This Isn’t Going
to End Well
A PROFOUNDLY MOVING, COMPLEX, AND ORIGINAL MEMOIR FROM THE BESTSELLING AUTHOR OF BIG FISH
“A heart-cracking exploration of the ways we construct ourselves, and how, despite any facade, no matter how bold, it can all come tumbling apart.”―Garden & Gun
“Exceptional… simultaneously sharp-edged and loving, honest and painfully haunting.”―BookPage
IF WE’RE LUCKY, we all encounter at least one person whose life elevates and inspires our own. For Daniel Wallace, that was his longtime friend and brother-in-law William Nealy.
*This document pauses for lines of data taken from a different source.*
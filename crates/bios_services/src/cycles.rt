//! The cycles that services are made of. A refused write does nothing, and a refused read gives FF.
ghost use Rattle.std.specs.Prelude.{◌≡◌, ◌<◌, ◌≤◌, ◌+◌, ◌^◌, length};
ghost use Rattle.vga_card.specs.Bus.{even_or_odd_byte};
ghost use Rattle.bios_services.specs.Bounds.{ports_bound};
ghost use Rattle.bios_services.specs.Plan.{run, out as out_plan, put as put_plan, inp as inp_plan};
ghost use Rattle.bios_services.specs.Plan.{each, get as get_plan, move as move_plan};
ghost use Rattle.bios_services.specs.Cycles.{write_indexed as indexed_plan};
ghost use Rattle.bios_services.specs.Cycles.{write_sequencer as sequencer_plan};
ghost use Rattle.bios_services.specs.Cycles.{write_graphics as graphics_plan};
ghost use Rattle.bios_services.specs.Cycles.{write_attribute_register as attribute_plan};
ghost use Rattle.bios_services.specs.Cycles.{write_registers_from_0 as group_plan};
ghost use Rattle.bios_services.specs.Cycles.{write_attribute_registers as attribute_group_plan};
ghost use Rattle.bios_services.specs.Cycles.{reset_attribute_flip_flop as expect_index_plan};
ghost use Rattle.bios_services.specs.Cycles.{show_palette as show_palette_plan};

use crate::video_registers::{ATTRIBUTE, GRAPHICS, PALETTE_SHOWN, SEQUENCER};
use vga_card::Bus;

/// What a refused read gives.
const REFUSED: u8 = 0xFF;

/// Writes a byte to a port.
pub(crate) fn out<B: Bus>(bus: &mut B, port: u16, value: u8)
    ensures { bus.new ≡ (run B.meaning (out_plan port value) bus.old).0 }
{
    let _ = bus.out(port, value);
}

/// Reads a byte from a port.
pub(crate) fn inp<B: Bus>(bus: &mut B, port: u16) -> u8
    ensures { (bus.new, result) ≡ run B.meaning (inp_plan port) bus.old }
{
    match bus.inp(port) {
        Ok(byte) => byte,
        Err(_) => REFUSED,
    }
}

/// Writes a byte to an address.
pub(crate) fn put<B: Bus>(bus: &mut B, address: u32, value: u8)
    ensures { bus.new ≡ (run B.meaning (put_plan address value) bus.old).0 }
{
    let _ = bus.put(address, value);
}

/// Reads a byte from an address.
pub(crate) fn get<B: Bus>(bus: &mut B, address: u32) -> u8
    ensures { (bus.new, result) ≡ run B.meaning (get_plan address) bus.old }
{
    match bus.get(address) {
        Ok(byte) => byte,
        Err(_) => REFUSED,
    }
}

/// Writes two bytes by turns to n addresses, from address `first` on.
#[tactic(auto, using(crate::proofs::PlanRuns::puts_run))]
pub(crate) fn put_in_turn<B: Bus>(bus: &mut B, first: u32, n: u32, even: u8, odd: u8)
    requires { first + n < 2 ^ 32 }
    ensures { bus.new ≡ (run B.meaning (each (λ w. put_plan (first + w) (even_or_odd_byte even odd
        w)) n 0)
        bus.old).0 }
{
    bus.put_in_turn(first, n, even, odd);
}

/// Copies n bytes to other addresses, one after another.
#[tactic(auto, using(crate::proofs::PlanRuns::moves_run))]
pub(crate) fn move_bytes<B: Bus>(bus: &mut B, from: u32, to: u32, n: u32)
    requires from { from + n < 2 ^ 32 }
    requires to { to + n < 2 ^ 32 }
    ensures { bus.new ≡ (run B.meaning (each (λ w. move_plan (from + w) (to + w)) n 0)
        bus.old).0 }
{
    bus.move_bytes(from, to, n);
}

/// Writes register i of an index port; the data port is the next one.
pub(crate) fn write_indexed<B: Bus>(bus: &mut B, port: u16, i: u8, value: u8)
    requires { port < ports_bound }
    ensures { bus.new ≡ (run B.meaning (indexed_plan port i value) bus.old).0 }
{
    out(bus, port, i);
    out(bus, port + 1, value);
}

/// Writes a register of the sequencer.
pub(crate) fn write_sequencer<B: Bus>(bus: &mut B, i: u8, value: u8)
    ensures { bus.new ≡ (run B.meaning (sequencer_plan i value) bus.old).0 }
{
    write_indexed(bus, SEQUENCER, i, value);
}

/// Writes a register of the graphics controller.
pub(crate) fn write_graphics<B: Bus>(bus: &mut B, i: u8, value: u8)
    ensures { bus.new ≡ (run B.meaning (graphics_plan i value) bus.old).0 }
{
    write_indexed(bus, GRAPHICS, i, value);
}

/// Writes a register of the attribute controller, which expects an index.
pub(crate) fn write_attribute_register<B: Bus>(bus: &mut B, i: u8, value: u8)
    ensures { bus.new ≡ (run B.meaning (attribute_plan i value) bus.old).0 }
{
    out(bus, ATTRIBUTE, i);
    out(bus, ATTRIBUTE, value);
}

/// Writes registers 0, 1, .. of an index port.
#[tactic(auto, using(crate::proofs::PlanRuns::run_bind), unfolding(crate::specs::Cycles::write_registers_from_0))]
pub(crate) fn write_registers_from_0<B: Bus>(bus: &mut B, port: u16, values: &[u8])
    requires port { port < ports_bound }
    requires few { length values.now ≤ 32 }
    ensures { bus.new ≡ (run B.meaning (group_plan port values.now) bus.old).0 }
{
    for i in 0..values.len() {
        write_indexed(bus, port, i as u8, values[i]);
    }
}

/// Writes registers 0, 1, .. of the attribute controller, which expects an index.
#[tactic(auto, using(crate::proofs::PlanRuns::run_bind), unfolding(crate::specs::Cycles::write_attribute_registers))]
pub(crate) fn write_attribute_registers<B: Bus>(bus: &mut B, values: &[u8])
    requires { length values.now ≤ 32 }
    ensures { bus.new ≡ (run B.meaning (attribute_group_plan values.now) bus.old).0 }
{
    for i in 0..values.len() {
        write_attribute_register(bus, i as u8, values[i]);
    }
}

/// Reads input status 1, so that the attribute controller expects an index.
pub(crate) fn reset_attribute_flip_flop<B: Bus>(bus: &mut B, crtc_address: u16)
    requires { crtc_address < ports_bound }
    ensures { bus.new ≡ (run B.meaning (expect_index_plan crtc_address) bus.old).0 }
{
    inp(bus, crtc_address + 6);
}

/// Shows the palette again.
pub(crate) fn show_palette<B: Bus>(bus: &mut B, crtc_address: u16)
    requires { crtc_address < ports_bound }
    ensures { bus.new ≡ (run B.meaning (show_palette_plan crtc_address) bus.old).0 }
{
    out(bus, ATTRIBUTE, PALETTE_SHOWN);
    reset_attribute_flip_flop(bus, crtc_address);
}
Seemingly perfect, impossibly cool, William was James Dean, Clint Eastwood, and MacGyver all rolled into one: an acclaimed outdoorsman, a famous cartoonist, an accomplished author, a master of all he undertook. William was the ideal that Daniel sought to emulate, and the person who gave him the courage to become a writer.
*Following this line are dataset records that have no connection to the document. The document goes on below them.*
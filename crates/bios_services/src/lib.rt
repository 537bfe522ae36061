//! The services of interrupt 10 (hexadecimal), as cycles over a bus.
#![tactic(auto)]

mod band;
mod block_span;
mod call;
mod call_reason;
mod cell_run;
mod cells;
mod character_reading;
mod colouring;
mod colours;
mod cursor;
mod cycles;
mod dac;
mod direction;
mod dot_cell;
mod drawing;
mod filling;
mod glyph_load;
mod glyphs;
mod interrupt;
mod kind;
pub mod laws;
mod mode_set;
mod page;
mod palette;
mod pixels;
mod reasons;
mod refusals;
mod regs;
mod reply;
mod scroll;
mod shift;
mod strings;
mod tables;
mod teletype;
mod video_registers;
mod why;

pub use block_span::BlockSpan;
pub use call_reason::CallReason;
pub use interrupt::int10;
pub use regs::Regs;
pub use reply::{Reply, ServiceError, Table};
pub use why::why_call;
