//! The colours of the DAC and its mask: function 10, subfunctions 10 to 19.
ghost use Rattle.std.specs.Prelude.{◌≡◌};
ghost use Rattle.bios_services.specs.Plan.{run};
ghost use Rattle.bios_services.specs.Dac.{set_entry_plan, components_plan, set_entries_plan};

use crate::cycles::out;
use crate::video_registers::{DAC_DATA, DAC_WRITE_INDEX};
use vga_card::Bus;

/// 10: writes red, green and blue of an entry.
#[tactic(auto, using(crate::proofs::PlanRuns::run_bind), unfolding(crate::specs::Dac::set_entry_plan))]
pub(crate) fn set_entry<B: Bus>(bus: &mut B, entry: u8, red: u8, green: u8, blue: u8)
    ensures { bus.new ≡ (run B.meaning (set_entry_plan entry red green blue) bus.old).0 }
{
    out(bus, DAC_WRITE_INDEX, entry);
    out(bus, DAC_DATA, red);
    out(bus, DAC_DATA, green);
    out(bus, DAC_DATA, blue);
}

/// Writes the bytes of a block to the DAC's data, one after another.
#[tactic(auto, using(crate::proofs::PlanRuns::run_bind), unfolding(crate::specs::Dac::components_plan))]
fn write_components<B: Bus>(bus: &mut B, block: &[u8])
    ensures { bus.new ≡ (run B.meaning (components_plan block.now) bus.old).0 }
{
    for i in 0..block.len() {
        out(bus, DAC_DATA, block[i]);
    }
}

/// 12: writes red, green and blue of the entries from `first` on.
#[tactic(auto, using(crate::proofs::PlanRuns::run_bind), unfolding(crate::specs::Dac::set_entries_plan))]
pub(crate) fn set_entries<B: Bus>(bus: &mut B, first: u8, block: &[u8])
    ensures { bus.new ≡ (run B.meaning (set_entries_plan first block.now) bus.old).0 }
{
    out(bus, DAC_WRITE_INDEX, first);
    write_components(bus, block);
}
But when William took his own life at age forty-eight, Daniel’s heartbreak him led him to commit a grievous act of his own, a betrayal that took him down a path into the tortured recesses of William’s past. Eventually, a new picture of William emerged, of a man with too many secrets and too much shame to bear.
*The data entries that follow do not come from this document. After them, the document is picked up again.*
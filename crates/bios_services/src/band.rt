//! Neighbouring columns of a page, as bytes of its lines.
ghost use Rattle.std.specs.Prelude.{◌≡◌, ◌<◌, ◌≤◌, ◌+◌, ◌-◌, ◌*◌, ◌^◌};
ghost use Rattle.bios_services.specs.Plan.{run};
ghost use Rattle.bios_services.specs.Bounds.{IsModeSet, page_count, bound_of_cells_reached_by_calls, bound_of_rows_in_windows};
ghost use Rattle.bios_services.specs.Bands.{IsBand, byte_address_in_band, band_of};
ghost use Rattle.bios_services.specs.Bands.{copy_line as copy_line_plan, copy_row as copy_row_plan};
ghost use Rattle.bios_services.specs.Bands.{move_rows as move_rows_plan};
ghost use Rattle.bios_services.specs.Bands.{fill_line as fill_line_plan, fill_row as fill_row_plan};
ghost use Rattle.bios_services.specs.Bands.{fill_rows as fill_rows_plan, set_read_write_mode_if_16_colours_plan};
ghost use Rattle.bios_services.specs.Bands.{fill_plan};
ghost use Rattle.bios_services.specs.Bands.{scroll_rows as scroll_rows_plan};

use crate::cells::page_address;
use crate::cycles::{move_bytes, put_in_turn, write_graphics, write_sequencer};
use crate::direction::Direction;
use crate::filling::AlternatingBytes;
use crate::kind::{Kind, by_kind, column_bytes, kind_of, row_lines};
use crate::shift::RowShift;
use crate::video_registers::{
    ALL_BITS, ALL_PLANES, BYTE_ACCESS, COPY_LATCHES, GRAPHICS_MODE, MAP_MASK,
};
use bios_modes::Bda;
use vga_card::Bus;

/// Neighbouring columns of a page, as bytes of its lines.
#[derive(Clone, Copy)]
pub struct ColumnBand {
    /// How the mode uses the memory.
    pub kind: Kind,
    /// The address of the page.
    pub start: u32,
    /// How many bytes lie between the beginnings of two lines of the page.
    pub pitch: u32,
    /// How many lines a row of characters has.
    pub lines: u32,
    /// The first byte of the band in a line.
    pub left: u32,
    /// How many bytes of a line the band has.
    pub width: u32,
}

/// Sets the graphics controller's read and write mode, in 16 colours only.
pub(crate) fn set_read_write_mode_if_16_colours<B: Bus>(bus: &mut B, kind: Kind, mode: u8)
    ensures { bus.new ≡ (run B.meaning (set_read_write_mode_if_16_colours_plan kind mode) bus.old).0 }
{
    by_kind!(kind, Text => {}, Planar => write_graphics(bus, GRAPHICS_MODE, mode), Packed => {})
}

impl ColumnBand {
    /// `width` columns of a page, from column `left` on.
    pub(crate) fn of_columns(bda: &Bda, page: u8, left: u32, width: u32) -> ColumnBand
        requires data { IsModeSet bda.now }
        requires page { page < page_count bda.now }
        requires columns { left + width ≤ 80 }
        ensures value { result ≡ band_of bda.now page left width }
        ensures band { IsBand result }
    {
        let kind = kind_of(bda.mode());
        let bytes = column_bytes(kind);
        ColumnBand {
            kind,
            start: page_address(bda, page),
            pitch: bytes * bda.columns() as u32,
            lines: row_lines(kind, bda.height()),
            left: bytes * left,
            width: bytes * width,
        }
    }

    /// The address of a byte, by row of characters, line of that row and byte of that line.
    pub(crate) fn address(self, row: u32, line: u32, byte: u32) -> u32
        requires band { IsBand self }
        requires row { row < bound_of_cells_reached_by_calls }
        requires line { line ≤ 16 }
        requires byte { byte ≤ 8 * 80 }
        ensures value { result ≡ byte_address_in_band self row line byte }
        ensures small { result < 2 ^ 31 }
    {
        self.start + self.pitch * (self.lines * row + line) + self.left + byte
    }

    /// Copies a line of a row to another row.
    #[tactic(auto, using(crate::proofs::PlanRuns::run_bind), unfolding(crate::specs::Bands::copy_line))]
    fn copy_line<B: Bus>(self, bus: &mut B, from: u32, to: u32, line: u32)
        requires band { IsBand self }
        requires from { from < bound_of_rows_in_windows }
        requires to { to < bound_of_rows_in_windows }
        requires line { line ≤ 16 }
        ensures { bus.new ≡ (run B.meaning (copy_line_plan self from to line) bus.old).0 }
    {
        let source = self.address(from, line, 0);
        let target = self.address(to, line, 0);
        move_bytes(bus, source, target, self.width);
    }

    /// Copies a row to another.
    #[tactic(auto, using(crate::proofs::PlanRuns::run_bind), unfolding(crate::specs::Bands::copy_row))]
    fn copy_row<B: Bus>(self, bus: &mut B, from: u32, to: u32)
        requires band { IsBand self }
        requires from { from < bound_of_rows_in_windows }
        requires to { to < bound_of_rows_in_windows }
        ensures { bus.new ≡ (run B.meaning (copy_row_plan self from to) bus.old).0 }
    {
        for line in 0..self.lines {
            self.copy_line(bus, from, to, line);
        }
    }

    /// Copies the rows n below to `count` rows from `top` on, the highest row first; or copies
    /// these rows to those n below them, the lowest row first.
    #[tactic(auto, using(crate::proofs::PlanRuns::run_bind), unfolding(crate::specs::Bands::move_rows))]
    fn move_rows<B: Bus>(self, bus: &mut B, shift: RowShift, top: u32, count: u32)
        requires band { IsBand self }
        requires rows { top + count + shift.rows ≤ bound_of_rows_in_windows }
        ensures { bus.new ≡ (run B.meaning (move_rows_plan self shift.direction shift.rows top
            count) bus.old).0 }
    {
        match shift.direction {
            Direction::Up => {
                for row in top..top + count {
                    self.copy_row(bus, row + shift.rows, row);
                }
            }
            Direction::Down => {
                for row in (top..top + count).rev() {
                    self.copy_row(bus, row, row + shift.rows);
                }
            }
        }
    }

    /// Fills a line of a row.
    #[tactic(auto, using(crate::proofs::PlanRuns::run_bind), unfolding(crate::specs::Bands::fill_line))]
    fn fill_line<B: Bus>(self, bus: &mut B, filling: AlternatingBytes, row: u32, line: u32)
        requires band { IsBand self }
        requires row { row < bound_of_cells_reached_by_calls }
        requires line { line ≤ 16 }
        ensures { bus.new ≡ (run B.meaning (fill_line_plan self filling row line) bus.old).0 }
    {
        let first = self.address(row, line, 0);
        put_in_turn(bus, first, self.width, filling.even, filling.odd);
    }

    /// Fills a row.
    #[tactic(auto, using(crate::proofs::PlanRuns::run_bind), unfolding(crate::specs::Bands::fill_row))]
    pub(crate) fn fill_row<B: Bus>(self, bus: &mut B, filling: AlternatingBytes, row: u32)
        requires band { IsBand self }
        requires row { row < bound_of_cells_reached_by_calls }
        ensures { bus.new ≡ (run B.meaning (fill_row_plan self filling row) bus.old).0 }
    {
        for line in 0..self.lines {
            self.fill_line(bus, filling, row, line);
        }
    }

    /// Fills `count` rows from `top` on.
    #[tactic(auto, using(crate::proofs::PlanRuns::run_bind), unfolding(crate::specs::Bands::fill_rows))]
    fn fill_rows<B: Bus>(self, bus: &mut B, filling: AlternatingBytes, top: u32, count: u32)
        requires band { IsBand self }
        requires rows { top + count ≤ bound_of_rows_in_windows }
        ensures { bus.new ≡ (run B.meaning (fill_rows_plan self filling top count) bus.old).0 }
    {
        for row in top..top + count {
            self.fill_row(bus, filling, row);
        }
    }

    /// Makes `count` rows from `top` on blank in an attribute, or pixels of a colour.
    #[tactic(auto, using(crate::proofs::PlanRuns::run_bind), unfolding(crate::specs::Bands::fill_plan))]
    fn fill<B: Bus>(self, bus: &mut B, colour: u8, top: u32, count: u32)
        requires band { IsBand self }
        requires rows { top + count ≤ bound_of_rows_in_windows }
        ensures { bus.new ≡ (run B.meaning (fill_plan self.kind self colour top count) bus.old).0 }
    {
        by_kind!(
            self.kind,
            Text => self.fill_rows(bus, AlternatingBytes::blank_cells(colour), top, count),
            Planar => {
                self.fill_rows(bus, AlternatingBytes::one_byte_everywhere(0x00), top, count);
                write_sequencer(bus, MAP_MASK, colour % 16);
                self.fill_rows(bus, AlternatingBytes::one_byte_everywhere(ALL_BITS), top, count);
                write_sequencer(bus, MAP_MASK, ALL_PLANES);
            },
            Packed => self.fill_rows(bus, AlternatingBytes::one_byte_everywhere(colour), top, count),
        )
    }

    /// Moves rows up or down, and fills the rows that they leave: the last ones after a move up,
    /// the first ones after a move down.
    #[tactic(auto, using(crate::proofs::PlanRuns::run_bind), unfolding(crate::specs::Bands::scroll_rows))]
    pub(crate) fn scroll_rows<B: Bus>(self, bus: &mut B, shift: RowShift, top: u32, height: u32)
        requires band { IsBand self }
        requires rows { top + height ≤ bound_of_rows_in_windows }
        requires few { shift.rows ≤ height }
        ensures { bus.new ≡ (run B.meaning (scroll_rows_plan self shift.direction top height
            shift.rows shift.colour) bus.old).0 }
    {
        let stay = height - shift.rows;
        set_read_write_mode_if_16_colours(bus, self.kind, COPY_LATCHES);
        self.move_rows(bus, shift, top, stay);
        set_read_write_mode_if_16_colours(bus, self.kind, BYTE_ACCESS);
        let first_new = shift.direction.first_row_to_fill(top, stay);
        self.fill(bus, shift.colour, first_new, shift.rows);
    }
}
With his first memoir, acclaimed writer Daniel Wallace delivers a stunning book that is as innovative and emotionally resonant as his novels. Part love story, part true crime, part a desperate search for the self and how little we really can know another, This Isn’t Going to End Well tells an intimate and unforgettable story of what happens when we realize our heroes are human.
Daniel Wallace
DANIEL WALLACE is the author of six novels, including Big Fish, which was adapted and released as a movie and a Broadway musical. His novels have been translated into over three dozen languages. His essays and interviews have been published in the Bitter Southerner, Garden & Gun, Poets & Writers and Our State magazine, where he was, for a short time, the barbecue critic. His short stories have appeared in more than fifty magazines and periodicals. He was awarded the Harper Lee Award, given to a nationally recognized Alabama writer who has made a significant lifelong contribution to Alabama letters. He was inducted into the Alabama Literary Hall of Fame in 2022. He is the J. Ross MacDonald Distinguished Professor of English at the University of North Carolina at Chapel Hill.